🤖 AI Summary
This work addresses the limitations of conventional multimodal deepfake detection methods, particularly insufficient feature extraction and misalignment between modalities, by proposing a multiscale cross-modal Transformer-based detection framework. The approach integrates a multiscale self-attention mechanism to capture both local and global forgery cues and introduces a differential cross-modal attention module to effectively align and fuse audio-visual features, thereby enhancing the discriminability of forgery traces.

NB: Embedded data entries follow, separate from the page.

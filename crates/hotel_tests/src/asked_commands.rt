//! Commands on a desk, with the calls of the books that each makes.
use hotel_scenarios::scenarios::{CHECKED_IN, OPENED, Step};

/// A command on a desk after these parts.
#[derive(Clone, Copy)]
pub(crate) struct Asked {
    pub parts: &'static [&'static [Step]],
    pub line: &'static [u8],
    /// By how many words are gone that the command examined: the codes that the desk's source gives without them, and
    /// the answer.
    pub answers: &'static [(&'static [u64], &'static [u8])],
    /// The calls of the books that the command makes, in their order: for each of its checks what it looks up, as far
    /// as the rows that it has don't tell, and what its change needs. With each the number of the words that are gone
    /// once it failed: of a draw whose question failed the word is gone.
    pub calls: &'static [(&'static str, usize)],
}

const DAY: (&str, usize) = ("the day", 0);

const KIND: (&str, usize) = ("the kind", 0);

const ROOM: (&str, usize) = ("the room", 0);

const STAY: (&str, usize) = ("the stay", 0);

const CARD: (&str, usize) = ("the card", 0);

const NOTE: (&str, usize) = ("the note", 0);

const FULL_NIGHT: (&str, usize) = ("the first full night", 0);

const NEXT_PARTY: (&str, usize) = ("the next party", 0);

const GUEST: (&str, usize) = ("a copy of the guest's name", 0);

const NEXT_CARD: (&str, usize) = ("the next card", 0);

const CODE_BEFORE: (&str, usize) = ("the room's code before the current one", 0);

const CURRENT: (&str, usize) = ("the room's current code", 0);

const HELD: (&str, usize) = ("the code that the lock holds", 0);

const PLACE: (&str, usize) = ("the place of the code that the lock is to hold", 0);

const ANY_INSIDE: (&str, usize) = ("whether any card is inside", 0);

const INSIDE: (&str, usize) = ("whether the card is inside", 0);

const CHANGE: (&str, usize) = ("the change", 0);

const ISSUED: (&str, usize) = ("whether the code was issued", 1);

const DRAWN_CHANGE: (&str, usize) = ("the change, of a code that was drawn", 1);

/// A second room of the kind.
const SECOND_ROOM: &[Step] = &[Step::Line(b"add-room 102 DBL", b"room code 0000000000b0\n")];

/// The guest of room 101 entered, and so secured it.
const ENTERED: &[Step] = &[Step::Line(b"entered 101 1 1 a0 a1 2031-05-01T15:00:00", b"taken\n")];

/// She was checked out without leaving.
const LEFT_INSIDE: &[Step] = &[Step::Line(b"check-out 1", b"checked out\n")];

/// She lost her card before it entered.
const REISSUED: &[Step] = &[Step::Line(
    b"reissue 1",
    b"card 2 party 1 old 0000000000a1 new 0000000000a2\n",
)];

/// The last business day.
const LAST_DAY: &[Step] = &[Step::Line(b"begin 2099-12-31", b"begun\n")];

/// Commands that are carried out.
pub(crate) static COMMANDS: &[Asked] = &[
    Asked {
        parts: &[],
        line: b"begin 2031-05-01",
        answers: &[(&[0xa0], b"begun\n")],
        calls: &[DAY, CHANGE],
    },
    Asked {
        parts: &[OPENED],
        line: b"add-kind SGL",
        answers: &[(&[0xa0], b"kind added\n")],
        calls: &[DAY, KIND, CHANGE],
    },
    Asked {
        parts: &[OPENED],
        line: b"add-room 102 DBL",
        answers: &[
            (&[0xa0, 0xb0, 0xb1], b"room code 0000000000b0\n"),
            (&[0xa0, 0xb1], b"room code 0000000000b1\n"),
        ],
        calls: &[DAY, KIND, ROOM, ISSUED, DRAWN_CHANGE],
    },
    Asked {
        parts: &[OPENED],
        line: b"reserve DBL 2031-05-03 1 Bo",
        answers: &[(&[0xa0], b"party 2\n")],
        calls: &[DAY, KIND, FULL_NIGHT, NEXT_PARTY, GUEST, CHANGE],
    },
    Asked {
        parts: &[OPENED],
        line: b"cancel 1",
        answers: &[(&[0xa0], b"cancelled\n")],
        calls: &[DAY, STAY, CHANGE],
    },
    Asked {
        parts: &[OPENED],
        line: b"check-in 1 101",
        answers: &[
            (
                &[0xa0, 0xa1, 0xa2],
                b"card 1 party 1 old 0000000000a0 new 0000000000a1\n",
            ),
            (
                &[0xa0, 0xa2],
                b"card 1 party 1 old 0000000000a0 new 0000000000a2\n",
            ),
        ],
        calls: &[DAY, ROOM, STAY, NEXT_CARD, CURRENT, ISSUED, DRAWN_CHANGE],
    },
    Asked {
        parts: &[OPENED, CHECKED_IN],
        line: b"spare 1",
        answers: &[(
            &[0xa0, 0xa1],
            b"card 2 party 1 old 0000000000a0 new 0000000000a1\n",
        )],
        calls: &[DAY, STAY, NEXT_CARD, ROOM, CODE_BEFORE, CURRENT, CHANGE],
    },
    // The room is secured. That the party is registered there is read off its stay.
    Asked {
        parts: &[OPENED, CHECKED_IN, ENTERED],
        line: b"reissue 1",
        answers: &[
            (
                &[0xa0, 0xa1, 0xa2, 0xa3],
                b"card 2 party 1 old 0000000000a1 new 0000000000a2\n",
            ),
            (
                &[0xa0, 0xa1, 0xa3],
                b"card 2 party 1 old 0000000000a1 new 0000000000a3\n",
            ),
        ],
        calls: &[DAY, STAY, ROOM, NEXT_CARD, CURRENT, ISSUED, DRAWN_CHANGE],
    },
    Asked {
        parts: &[OPENED, SECOND_ROOM, CHECKED_IN],
        line: b"transfer 1 102",
        answers: &[
            (
                &[0xa0, 0xb0, 0xa1, 0xb1, 0xb2],
                b"card 2 party 1 old 0000000000b0 new 0000000000b1\n",
            ),
            (
                &[0xa0, 0xb0, 0xa1, 0xb2],
                b"card 2 party 1 old 0000000000b0 new 0000000000b2\n",
            ),
        ],
        calls: &[DAY, ROOM, STAY, NEXT_CARD, CURRENT, ISSUED, DRAWN_CHANGE],
    },
    Asked {
        parts: &[OPENED, CHECKED_IN],
        line: b"check-out 1",
        answers: &[(&[0xa0, 0xa1], b"checked out\n")],
        calls: &[DAY, STAY, ROOM, CHANGE],
    },
    // The room is vacant, and a card is inside.
    Asked {
        parts: &[OPENED, CHECKED_IN, ENTERED, LEFT_INSIDE],
        line: b"refit 101",
        answers: &[
            (&[0xa0, 0xa1, 0xa2, 0xa3], b"lock 2 code 0000000000a2\n"),
            (&[0xa0, 0xa1, 0xa3], b"lock 2 code 0000000000a3\n"),
        ],
        calls: &[DAY, ROOM, ISSUED, DRAWN_CHANGE],
    },
    Asked {
        parts: &[OPENED],
        line: b"next-day",
        answers: &[(&[0xa0], b"day 2031-05-02\n")],
        calls: &[DAY, CHANGE],
    },
];

/// Notes that are taken, or were taken before.
pub(crate) static NOTES: &[Asked] = &[
    // The newest card enters the room, which isn't secured yet. The room's row tells that the note comes next.
    Asked {
        parts: &[OPENED, CHECKED_IN],
        line: b"entered 101 1 1 a0 a1 2031-05-01T15:00:00",
        answers: &[(&[0xa0, 0xa1], b"taken\n")],
        calls: &[DAY, ROOM, CARD, HELD, PLACE, ANY_INSIDE, INSIDE, CHANGE],
    },
    // The card enters once more. Of a secured room it isn't asked whether any card is inside.
    Asked {
        parts: &[OPENED, CHECKED_IN, ENTERED],
        line: b"entered 101 2 1 a0 a1 2031-05-01T15:00:00",
        answers: &[(&[0xa0, 0xa1], b"taken\n")],
        calls: &[DAY, ROOM, CARD, HELD, PLACE, INSIDE, CHANGE],
    },
    Asked {
        parts: &[OPENED, CHECKED_IN, ENTERED],
        line: b"left 101 2 1 a0 a1 2031-05-01T15:00:00",
        answers: &[(&[0xa0, 0xa1], b"taken\n")],
        calls: &[DAY, ROOM, CARD, INSIDE, CHANGE],
    },
    Asked {
        parts: &[OPENED, CHECKED_IN],
        line: b"recoded 101 1 a0 a1 2031-05-01T15:00:00",
        answers: &[(&[0xa0, 0xa1], b"taken\n")],
        calls: &[DAY, ROOM, HELD, PLACE, CHANGE],
    },
    Asked {
        parts: &[OPENED, CHECKED_IN, ENTERED],
        line: b"entered 101 1 1 a0 a1 2031-05-01T15:00:00",
        answers: &[(&[0xa0, 0xa1], b"seen\n")],
        calls: &[DAY, ROOM, NOTE],
    },
];

/// Commands and notes that are refused.
pub(crate) static REFUSALS: &[Asked] = &[
    Asked {
        parts: &[OPENED],
        line: b"begin 2031-05-01",
        answers: &[(&[0xa0], b"refused 2 AlreadyBegun\n")],
        calls: &[DAY],
    },
    Asked {
        parts: &[OPENED],
        line: b"add-kind DBL",
        answers: &[(&[0xa0], b"refused 3 KindExists\n")],
        calls: &[DAY, KIND],
    },
    Asked {
        parts: &[OPENED],
        line: b"add-room 102 SGL",
        answers: &[(&[0xa0], b"refused 4 NoKind\n")],
        calls: &[DAY, KIND],
    },
    Asked {
        parts: &[OPENED],
        line: b"add-room 101 DBL",
        answers: &[(&[0xa0], b"refused 5 RoomExists\n")],
        calls: &[DAY, KIND, ROOM],
    },
    Asked {
        parts: &[OPENED],
        line: b"reserve DBL 2031-05-02 1 Bo",
        answers: &[(&[0xa0], b"refused 17 KindFull 2031-05-02\n")],
        calls: &[DAY, KIND, FULL_NIGHT],
    },
    Asked {
        parts: &[OPENED, CHECKED_IN],
        line: b"cancel 1",
        answers: &[(&[0xa0, 0xa1], b"refused 8 NotBooked\n")],
        calls: &[DAY, STAY],
    },
    Asked {
        parts: &[OPENED, CHECKED_IN],
        line: b"check-in 1 101",
        answers: &[(&[0xa0, 0xa1], b"refused 8 NotBooked\n")],
        calls: &[DAY, ROOM, STAY],
    },
    Asked {
        parts: &[OPENED],
        line: b"spare 1",
        answers: &[(&[0xa0], b"refused 9 NotInHouse\n")],
        calls: &[DAY, STAY],
    },
    Asked {
        parts: &[OPENED],
        line: b"reissue 1",
        answers: &[(&[0xa0], b"refused 9 NotInHouse\n")],
        calls: &[DAY, STAY],
    },
    Asked {
        parts: &[OPENED, CHECKED_IN],
        line: b"transfer 1 101",
        answers: &[(&[0xa0, 0xa1], b"refused 13 SameRoom\n")],
        calls: &[DAY, ROOM, STAY],
    },
    Asked {
        parts: &[OPENED],
        line: b"check-out 1",
        answers: &[(&[0xa0], b"refused 9 NotInHouse\n")],
        calls: &[DAY, STAY],
    },
    Asked {
        parts: &[],
        line: b"refit 101",
        answers: &[(&[0xa0], b"refused 1 NotBegun\n")],
        calls: &[DAY],
    },
    Asked {
        parts: &[OPENED],
        line: b"refit 102",
        answers: &[(&[0xa0], b"refused 6 NoRoom\n")],
        calls: &[DAY, ROOM],
    },
    Asked {
        parts: &[OPENED, CHECKED_IN],
        line: b"refit 101",
        answers: &[(&[0xa0, 0xa1], b"refused 14 RoomTaken\n")],
        calls: &[DAY, ROOM],
    },
    Asked {
        parts: &[LAST_DAY],
        line: b"next-day",
        answers: &[(&[0xa0], b"refused 20 LastDay\n")],
        calls: &[DAY],
    },
    Asked {
        parts: &[OPENED, CHECKED_IN, ENTERED],
        line: b"entered 101 1 1 a0 a1 2031-05-01T15:00:01",
        answers: &[(&[0xa0, 0xa1], b"refused 21 Conflict\n")],
        calls: &[DAY, ROOM, NOTE],
    },
    Asked {
        parts: &[OPENED, CHECKED_IN],
        line: b"entered 101 2 1 a0 a1 2031-05-01T15:00:00",
        answers: &[(&[0xa0, 0xa1], b"refused 22 Gap 1\n")],
        calls: &[DAY, ROOM],
    },
    Asked {
        parts: &[OPENED, CHECKED_IN],
        line: b"entered 101 1 2 a0 a1 2031-05-01T15:00:00",
        answers: &[(&[0xa0, 0xa1], b"refused 23 NoCard\n")],
        calls: &[DAY, ROOM, CARD],
    },
    Asked {
        parts: &[OPENED, CHECKED_IN, REISSUED],
        line: b"entered 101 1 2 a1 a2 2031-05-01T15:00:00",
        answers: &[(&[0xa0, 0xa1, 0xa2], b"refused 25 LockShut\n")],
        calls: &[DAY, ROOM, CARD, HELD],
    },
    Asked {
        parts: &[OPENED, CHECKED_IN],
        line: b"left 101 1 1 a0 a1 2031-05-01T15:00:00",
        answers: &[(&[0xa0, 0xa1], b"refused 26 NotInside\n")],
        calls: &[DAY, ROOM, CARD, INSIDE],
    },
    Asked {
        parts: &[OPENED, CHECKED_IN],
        line: b"recoded 101 1 a1 a0 2031-05-01T15:00:00",
        answers: &[(&[0xa0, 0xa1], b"refused 27 HeldDiffers\n")],
        calls: &[DAY, ROOM, HELD],
    },
    Asked {
        parts: &[OPENED, CHECKED_IN],
        line: b"recoded 101 1 a0 a0 2031-05-01T15:00:00",
        answers: &[(&[0xa0, 0xa1], b"refused 28 NotAwaited\n")],
        calls: &[DAY, ROOM, HELD, PLACE],
    },
];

Experimental results on the FakeAVCeleb dataset demonstrate that the proposed method significantly improves detection performance, underscoring its effectiveness and state-of-the-art capability in multimodal deepfake identification.
📝 Abstract
Audio-visual deepfake detection typically employs a complementary multi-modal model to check the forgery traces in the video. These methods primarily extract forgery traces through audio-visual alignment, which results from the inconsistency between audio and video modalities. However, the traditional multi-modal forgery detection method has the problem of insufficient feature extraction and modal alignment deviation. To address this, we propose a multi-scale cross-modal transformer encoder (MSCT) for deepfake detection. Our approach includes a multi-scale self-attention to integrate the features of adjacent embeddings and a differential cross-modal attention to fuse multi-modal features. Our experiments demonstrate competitive performance on the FakeAVCeleb dataset, validating the effectiveness of the proposed structure.